> TASK INPUT
★ ★ ★ ★

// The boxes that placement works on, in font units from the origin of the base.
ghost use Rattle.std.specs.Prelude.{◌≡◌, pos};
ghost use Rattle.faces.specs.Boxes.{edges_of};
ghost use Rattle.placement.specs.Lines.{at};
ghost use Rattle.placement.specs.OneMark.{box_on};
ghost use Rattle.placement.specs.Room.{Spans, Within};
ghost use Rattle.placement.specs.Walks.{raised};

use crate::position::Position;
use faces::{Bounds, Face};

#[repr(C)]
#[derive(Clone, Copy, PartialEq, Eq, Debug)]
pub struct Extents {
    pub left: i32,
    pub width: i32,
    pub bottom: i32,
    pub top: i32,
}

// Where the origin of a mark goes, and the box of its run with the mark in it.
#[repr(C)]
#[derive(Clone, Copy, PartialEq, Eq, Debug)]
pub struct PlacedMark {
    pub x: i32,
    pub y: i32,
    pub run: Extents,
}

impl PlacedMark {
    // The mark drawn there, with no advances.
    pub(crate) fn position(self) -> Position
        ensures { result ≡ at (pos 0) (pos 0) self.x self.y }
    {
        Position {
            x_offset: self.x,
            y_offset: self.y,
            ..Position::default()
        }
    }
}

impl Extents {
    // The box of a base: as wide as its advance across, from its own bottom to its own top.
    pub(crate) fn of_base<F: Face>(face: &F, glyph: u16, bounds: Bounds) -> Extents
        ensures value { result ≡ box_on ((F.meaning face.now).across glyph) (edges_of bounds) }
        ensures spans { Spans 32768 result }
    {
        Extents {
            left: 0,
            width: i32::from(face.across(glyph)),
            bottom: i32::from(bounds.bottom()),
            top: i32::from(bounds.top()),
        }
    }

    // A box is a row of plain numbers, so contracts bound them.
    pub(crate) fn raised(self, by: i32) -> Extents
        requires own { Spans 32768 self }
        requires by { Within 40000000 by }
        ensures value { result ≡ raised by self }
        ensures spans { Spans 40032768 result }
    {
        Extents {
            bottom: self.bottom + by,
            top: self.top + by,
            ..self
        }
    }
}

★ ★ ★ ★

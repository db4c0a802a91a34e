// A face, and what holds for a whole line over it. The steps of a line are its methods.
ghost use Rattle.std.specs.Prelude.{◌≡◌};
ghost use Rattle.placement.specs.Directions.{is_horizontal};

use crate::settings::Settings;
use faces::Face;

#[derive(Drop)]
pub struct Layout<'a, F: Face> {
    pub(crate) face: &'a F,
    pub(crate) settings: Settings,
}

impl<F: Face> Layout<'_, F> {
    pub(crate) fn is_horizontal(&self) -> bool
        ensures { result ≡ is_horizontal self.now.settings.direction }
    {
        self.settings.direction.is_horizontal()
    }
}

★ ★ ★ ★

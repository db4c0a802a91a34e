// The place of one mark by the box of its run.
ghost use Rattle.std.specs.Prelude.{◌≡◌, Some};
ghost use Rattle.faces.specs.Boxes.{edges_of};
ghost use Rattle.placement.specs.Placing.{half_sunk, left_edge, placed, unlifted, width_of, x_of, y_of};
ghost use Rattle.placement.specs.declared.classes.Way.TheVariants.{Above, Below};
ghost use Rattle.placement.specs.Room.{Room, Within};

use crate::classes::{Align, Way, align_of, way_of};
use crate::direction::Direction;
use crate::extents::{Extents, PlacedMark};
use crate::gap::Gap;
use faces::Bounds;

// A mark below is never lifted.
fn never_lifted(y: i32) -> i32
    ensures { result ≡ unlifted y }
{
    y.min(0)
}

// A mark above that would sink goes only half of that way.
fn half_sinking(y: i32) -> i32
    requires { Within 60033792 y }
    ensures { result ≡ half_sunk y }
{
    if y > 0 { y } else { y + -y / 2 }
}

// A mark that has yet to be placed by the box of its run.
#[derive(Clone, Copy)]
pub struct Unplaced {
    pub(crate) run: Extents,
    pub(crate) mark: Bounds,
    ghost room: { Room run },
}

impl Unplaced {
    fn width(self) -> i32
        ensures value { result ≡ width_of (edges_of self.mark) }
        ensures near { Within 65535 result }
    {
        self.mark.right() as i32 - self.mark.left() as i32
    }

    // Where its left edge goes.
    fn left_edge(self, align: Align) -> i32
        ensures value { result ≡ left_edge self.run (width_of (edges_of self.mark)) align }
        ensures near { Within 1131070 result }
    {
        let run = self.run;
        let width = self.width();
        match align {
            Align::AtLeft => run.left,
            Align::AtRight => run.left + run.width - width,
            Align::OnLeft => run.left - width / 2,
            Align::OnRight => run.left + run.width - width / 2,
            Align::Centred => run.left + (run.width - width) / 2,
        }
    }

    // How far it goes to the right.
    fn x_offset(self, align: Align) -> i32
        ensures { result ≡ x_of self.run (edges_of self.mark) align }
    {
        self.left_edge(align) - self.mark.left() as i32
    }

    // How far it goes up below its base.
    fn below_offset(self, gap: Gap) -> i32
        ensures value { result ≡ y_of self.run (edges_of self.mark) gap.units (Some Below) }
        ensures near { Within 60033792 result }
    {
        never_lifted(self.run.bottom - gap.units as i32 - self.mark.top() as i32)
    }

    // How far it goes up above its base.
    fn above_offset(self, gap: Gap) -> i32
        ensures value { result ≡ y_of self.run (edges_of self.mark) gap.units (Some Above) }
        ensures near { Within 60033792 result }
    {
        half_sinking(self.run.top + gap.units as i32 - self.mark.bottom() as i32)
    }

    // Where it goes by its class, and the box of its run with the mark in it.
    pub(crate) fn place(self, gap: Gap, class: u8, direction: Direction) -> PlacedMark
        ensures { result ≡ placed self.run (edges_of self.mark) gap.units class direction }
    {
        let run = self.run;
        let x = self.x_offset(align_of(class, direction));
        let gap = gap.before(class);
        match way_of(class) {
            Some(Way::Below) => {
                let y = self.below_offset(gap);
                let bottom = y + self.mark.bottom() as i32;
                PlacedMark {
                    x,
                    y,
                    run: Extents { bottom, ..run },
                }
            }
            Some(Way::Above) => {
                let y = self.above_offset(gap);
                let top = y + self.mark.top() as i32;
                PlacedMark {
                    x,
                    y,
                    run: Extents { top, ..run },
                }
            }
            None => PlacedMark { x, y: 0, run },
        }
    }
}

★ ★ ★ ★

From the lines above, copy those that contain the word "classes".

> EXERCISE RESPONSE
ghost use Rattle.placement.specs.declared.classes.Way.TheVariants.{Above, Below};
use crate::classes::{Align, Way, align_of, way_of};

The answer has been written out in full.